Otwierając głębsze szufladki pamięci
Niejedną już scenę z dawnej wsi ukręci:
Niska chatka, słomiany dach.
To był babciny własny gmach.
Mały przedsionek – nosidła, trepy stały.
W pokaźnej kuchni szatę drewnianą miały.
A w makatki igłą snute
Były już ściany obute.
Tuż przy oknie stół ławami obłożony.
Nie tylko na nim miód z chlebem postawiony,
Lecz zacierki, bulwy w skwarce,
Lampa naftowa przy pogwarce.
Wiadrami wodę ze studni przynoszono
I nimi kącik tuż przy drzwiach ozdobiono.
Żelazko z węglowym duchem
Tudzież nad maszyny brzuchem.
Prawie na wprost do alkierza się wchodziło.
Tam z drewnianych łóżek obrazem kwieciło.
W środku sienniki słomiane
Marzeniem sennym owiane.
Ścianki w kolorowe kilimy przywdziane
I świętym wizerunkiem wokół zasiane.
A w dole pod nogi dany
Wąski chodniczek utkany.
Na prawo izba miała swą rezydencję,
Dla przybyłych w dom gości – miłą kadencję.
W środku stół się zarysował.
Obrusem się namalował.
Z boku stała szafa a dalej komoda.
Dla przyodziewku istny eden, wygoda.
Okna zasłoną przybrane.
Ścianie dywan, obraz dane.
Podwórko otacza: szopa, chlew, stodoła.
Czasami z budy Burek na kogoś woła.
Tam wóz z obręczą na kole.
Tu kierat młócki ma role.
Tuż za chlewem wychodek usadowiony.
Kuźnia w swej okazałości z drugiej strony.

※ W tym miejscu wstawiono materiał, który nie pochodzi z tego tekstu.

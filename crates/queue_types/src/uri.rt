//! The path of a URI (RFC 3986, section 3.3), by which a request names the printer or a job: from the first slash behind `://` up to the
//! query or the fragment. A `?` or `#` before that slash, which ends an authority (section 3.2), is not looked for.
ghost use Rattle.std.specs.Prelude.{◌≡◌, ◌≢◌, ◌⊎◌, ◌==◌, ◌||◌, ◌++◌, ◌∷◌, [], ℕ, List, codes, drop, not, true};
ghost use Rattle.std.specs.List.{list_all, position, position_or_len, before_first};
ghost use Rattle.std.specs.Str.{byte};
ghost use Rattle.queue_types.specs.Uri.{behind_mark, path_of};

/// The path under which the printer is found.
pub const PRINTER_PATH: &str = "/ipp/print";

/// What follows the first "://".
fn after_scheme(uri: &[u8]) -> &[u8]
    ensures { result.now ≡ behind_mark uri.now }
{
    let mut at = uri;
    while let [_, rest @ ..] = at {
        if let Some(behind) = at.strip_prefix(b"://") {
            return behind;
        }
        at = rest;
    }
    at
}

fn slash_at(rest: &[u8]) -> Option<usize>
    ensures { result ≡ position (λ b. b == byte "/") rest.now }
{
    rest.iter().position(|b| *b == b'/')
}

fn from_slash(rest: &[u8]) -> &[u8]
    ensures { result.now ≡ drop (position_or_len (λ b. b == byte "/") rest.now) rest.now }
{
    match slash_at(rest) {
        Some(i) => &rest[i..],
        None => &[],
    }
}

fn query_at(path: &[u8]) -> Option<usize>
    ensures { result ≡ position (λ b. b == byte "?" || b == byte "#") path.now }
{
    path.iter().position(|b| *b == b'?' || *b == b'#')
}

fn up_to_query(path: &[u8]) -> &[u8]
    ensures { result.now ≡ before_first (λ b. b == byte "?" || b == byte "#") path.now }
{
    match query_at(path) {
        Some(i) => &path[..i],
        None => path,
    }
}

/// The path of a URI: from the first slash behind "://", up to the query or the fragment. It is empty
/// where there is no "://" or no slash behind it.
pub fn path(uri: &[u8]) -> &[u8]
    ensures { result.now ≡ path_of uri.now }
{
    up_to_query(from_slash(after_scheme(uri)))
}

/// A URI of a scheme, `://`, an authority, a path, and a query or a fragment or neither, has that path (RFC 3986, section 3). One in which no `://`
/// stands, or no slash behind it, has none.
pub fn uris_have_paths()
    ensures found { (scheme authority path rest : List ℕ)
        → list_all (λ b. not (b == byte ":")) scheme ≡ true → list_all (λ b. not (b == byte "/")) authority ≡ true
        → list_all (λ b. not (b == byte "?" || b == byte "#")) path ≡ true
        → (rest ≡ []) ⊎ ((more : List ℕ) × ((rest ≡ byte "?" ∷ more) ⊎ (rest ≡ byte "#" ∷ more)))
        → path_of (scheme ++ codes "://" ++ (authority ++ byte "/" ∷ (path ++ rest))) ≡ byte "/" ∷ path }
    ensures unmarked { (uri : List ℕ) → ((front rest : List ℕ) → uri ≢ front ++ codes "://" ++ rest) → path_of uri ≡ [] }
    ensures unrooted { (scheme authority : List ℕ)
        → list_all (λ b. not (b == byte ":")) scheme ≡ true → list_all (λ b. not (b == byte "/")) authority ≡ true
        → path_of (scheme ++ codes "://" ++ authority) ≡ [] }
{}
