//! The tables played again, line by line.
ghost use Rattle.std.specs.Prelude.{◌≡◌, ℕ, ◌+◌, ◌-◌, ◌≤◌, List, [], length, slice_get, Some, None, false, IfOk, IfSome};
ghost use Rattle.std.specs.Result.{OnOk};
ghost use Rattle.tbl_words.specs.declared.history.Entry.{Entry};
ghost use Rattle.tbl_words.specs.Entries.{entry_of};
ghost use Rattle.tbl_words.specs.Tables.{has_ended};
ghost use Rattle.tbl_words.specs.Uses.{greater_of};
ghost use Rattle.run_check.specs.Judged.{Begins, entry_head};
ghost use Rattle.table_replay.specs.Replays.{IsReplayed, IsUnderWay, IsNextCaller, Steps, first_place, have_all_ended, settled};

use crate::place::AppPlace;
use app_script::Script;
use fsw_base::AppNo;
use list_tables::ListTables;
use replay_parts::{ComparedText, EntryLine, MadeReceipt, one_more};
use std::alloc::{AllocError, Global};
use std::marker::Model;
use tbl_words::{TblEntry, TblUse};

/// The tables of a run of a script, as far as the lines of a report tell it.
pub struct TableReplay<'s> {
    // The script.
    script: &'s Script,
    // The tables.
    tables: ListTables,
    // The greatest numbers that were in use so far.
    peak: TblUse,
    // How many entries there were.
    entries: u32,
    // Where each application is among its lines, number 1 first.
    places: Vec<AppPlace>,
    // The line of the latest entry.
    line: EntryLine,
}

impl Drop for TableReplay<'_> {
    fn drop(self) {
        let TableReplay {
            script: _script,
            tables: _tables,
            peak: _peak,
            entries: _entries,
            places: _places,
            line: _line,
        } = self;
    }
}

impl<'s> Model for TableReplay<'s> {
    ghost use Rattle.table_replay.specs.Replays.{Replay};

    ghost Value = { Replay };

    ghost view = { λ r.
        record {
          script = r.script.now;
          limits = r.tables.limits;
          state = r.tables.state;
          peak = r.peak;
          entries = r.entries;
          places = r.places.items;
        } };
}

/// What the next line of a report is.
#[derive(Clone, Copy, Debug, PartialEq, Eq)]
pub enum TableStep {
    /// The line of an entry that may come next. The tables are behind it.
    Entered,
    /// It isn't a line of the tables: no entry of theirs is missing.
    Whole,
    /// No line of an entry that may come next. The number, from 1, is that of the first line with
    /// which no run begins.
    Wrong(u32),
}

impl<'s> TableReplay<'s> {
    /// Before the first line.
    ///
    /// # Errors
    /// `AllocError` if memory runs out.
    pub fn new(alloc: Global, script: &'s Script) -> Result<TableReplay<'s>, AllocError>
        ensures script { IfOk result (λ replay. replay.script ≡ script.now) }
        ensures first { IfOk result (λ replay. IsReplayed [] replay) }
    {
        let tables = ListTables::new(alloc, script.config(), script.apps())?;
        let peak = tables.in_use()?;
        let places = first_places(alloc, script, &tables)?;
        Ok(TableReplay {
            script,
            tables,
            peak,
            entries: 0,
            places,
            line: EntryLine::new(alloc),
        })
    }

    /// Judges the next line of the text, and goes past it if it is the line of an entry that may
    /// come next.
    ///
    /// # Errors
    /// `AllocError` if memory runs out, or if a number of 32 bits is spent. The contract
    /// doesn't describe the replay and the text then.
    pub fn step(
        &mut self,
        alloc: Global,
        text: &mut ComparedText<'_>,
    ) -> Result<TableStep, AllocError>
        requires { IsUnderWay self.old }
        ensures { IfOk result (λ step. (history : List Entry) → IsReplayed history self.old →
            Steps history self.old self.new text.old text.new step) }
    {
        let number = one_more(self.entries)?;
        match self.next_caller(number, text) {
            Some(app) => self.enter(alloc, number, app, text),
            None => {
                if self.have_all_ended() {
                    return Ok(TableStep::Whole);
                }
                Ok(TableStep::Wrong(text.wrong_line(&[])?))
            }
        }
    }

    // The application whose entry of this number the next line may be; None if it names none that
    // hasn't ended.
    fn next_caller(&self, number: u32, text: &ComparedText<'_>) -> Option<AppNo>
        requires { number ≡ self.now.entries + 1 }
        ensures some { IfSome result (λ app. IsNextCaller self.now app text.now) }
        ensures none { result ≡ None → (app : ℕ) → 1 ≤ app → app ≤ length self.now.script.apps →
            has_ended self.now.state app ≡ false →
            ¬ Begins text.now.rest (entry_head (self.now.entries + 1) app) }
    {
        let app = text.caller(number, self.script.apps())?;
        if self.tables.has_ended(app) {
            return None;
        }
        Some(app)
    }

    // Judges the line of the next entry, of this number, which is the application's.
    fn enter(
        &mut self,
        alloc: Global,
        number: u32,
        app: AppNo,
        text: &mut ComparedText<'_>,
    ) -> Result<TableStep, AllocError>
        requires replayed { IsUnderWay self.old }
        requires number { number ≡ self.old.entries + 1 }
        requires caller { IsNextCaller self.old app text.old }
        ensures { IfOk result (λ step. (history : List Entry) → IsReplayed history self.old →
            Steps history self.old self.new text.old text.new step) }
    {
        let lines = &self.script.applications()[(app.get() - 1) as usize];
        let place = &self.places[(app.get() - 1) as usize];
        let made = place.content(alloc, lines)?;
        let call = place.next_call(lines, &made).unwrap();
        let answer = self.tables.step(alloc, app, &call)?;
        let entry = TblEntry { app, call, answer };
        self.line.keep(number, &entry)?;
        if !text.take(self.line.as_slice()) {
            return Ok(TableStep::Wrong(text.wrong_line(self.line.as_slice())?));
        }
        self.settle(number, &entry)?;
        Ok(TableStep::Entered)
    }

    // Goes on behind an entry of this number, after which the tables are as they are.
    fn settle(&mut self, number: u32, entry: &TblEntry<'_>) -> Result<(), AllocError>
        requires lines { entry.now.app ≤ length self.old.script.apps }
        requires places { entry.now.app ≤ length self.old.places }
        ensures { OnOk result (self.new ≡ settled self.old number (entry_of entry.now)) }
    {
        let at = (entry.app.get() - 1) as usize;
        let lines = &self.script.applications()[at];
        self.places[at].settle(entry.app, &self.tables, lines, &entry.call, &entry.answer)?;
        self.peak = greater_of(self.peak, self.tables.in_use()?);
        self.entries = number;
        Ok(())
    }

    // Whether each application has ended.
    fn have_all_ended(&self) -> bool
        ensures { result ≡ have_all_ended self.now.state (length self.now.script.apps) }
    {
        for number in 1..self.script.apps() + 1 {
            if !has_ended(&self.tables, number) {
                return false;
            }
        }
        true
    }

    /// The tables.
    pub fn tables(&self) -> &ListTables
        ensures limits { result.now.limits ≡ self.now.limits }
        ensures state { result.now.state ≡ self.now.state }
    {
        &self.tables
    }

    /// The greatest numbers that were in use so far.
    pub fn peak(&self) -> TblUse
        ensures { result ≡ self.now.peak }
    {
        self.peak
    }

    /// The receipts that an application's lines made of the tables so far, with their places.
    pub fn receipts(&self, app: AppNo) -> &[MadeReceipt]
        requires { app ≤ length self.now.places }
        ensures { IfSome (slice_get self.now.places (app - 1))
            (λ place. result.now ≡ place.receipts) }
    {
        self.places[(app.get() - 1) as usize].receipts()
    }
}

// Whether the application of a number has ended.
fn has_ended(tables: &ListTables, number: u32) -> bool
    requires { (1 ≤ number) × (number ≤ 16) }
    ensures { result ≡ has_ended tables.now.state number }
{
    match AppNo::try_new(number) {
        Some(app) => tables.has_ended(app),
        None => true,
    }
}

// Of each number the greater one.
fn greater_of(one: TblUse, other: TblUse) -> TblUse
    ensures { result ≡ greater_of one other }
{
    TblUse {
        tables: one.tables.max(other.tables),
        handles: one.handles.max(other.handles),
        bytes: one.bytes.max(other.bytes),
    }
}

// Where each application is before its first entry.
fn first_places(
    alloc: Global,
    script: &Script,
    tables: &ListTables,
) -> Result<Vec<AppPlace>, AllocError>
    ensures { IfOk result (λ places. (app : ℕ) → 1 ≤ app → app ≤ length script.now.apps →
        slice_get places.items (app - 1) ≡
        Some (first_place tables.now.state script.now app)) }
{
    let mut places = Vec::new(alloc);
    for number in 1..script.apps() + 1 {
        places.push(first_place(alloc, script, tables, number)?)?;
    }
    Ok(places)
}

// Where the application of a number is before its first entry.
fn first_place(
    alloc: Global,
    script: &Script,
    tables: &ListTables,
    number: u32,
) -> Result<AppPlace, AllocError>
    requires { (1 ≤ number) × (number ≤ length script.now.apps) }
    ensures { IfOk result (λ place. place ≡ first_place tables.now.state script.now number) }
{
    let Some(app) = AppNo::try_new(number) else {
        return Err(AllocError);
    };
    let mut place = AppPlace::new(alloc);
    place.pass(app, tables, &script.applications()[(number - 1) as usize])?;
    Ok(place)
}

W sąsiedztwie sadzawka brodzi.
W ciepłe dni otok chłodzi.
Dalej pole, gdzie już kosą żniwowano.
Tylko przy lnie pierwszeństwo dla sierpu dano.
Była też zabawa z błotem,
Co torfem nazwano potem.
Po pracy ławeczka przed chatą zaprasza.
Zaraz pofrunie ku górze nutka wasza.
Skrzypce, harmonia, bębny w ruch.
Zasiewa się magiczny duch.
Czas upływa i widoki się zmieniają.
Już inne wyobrażenie o wsi dają.
Do lamusa idzie strzecha,
Bo na murowanym wiecha.
(obrazek z internetu)
Uwielbiam! Śliczny obraz - będę wyszywała podobny :)
OdpowiedzUsuńSuuuper :D
UsuńJak wyszyjesz to pokaż :)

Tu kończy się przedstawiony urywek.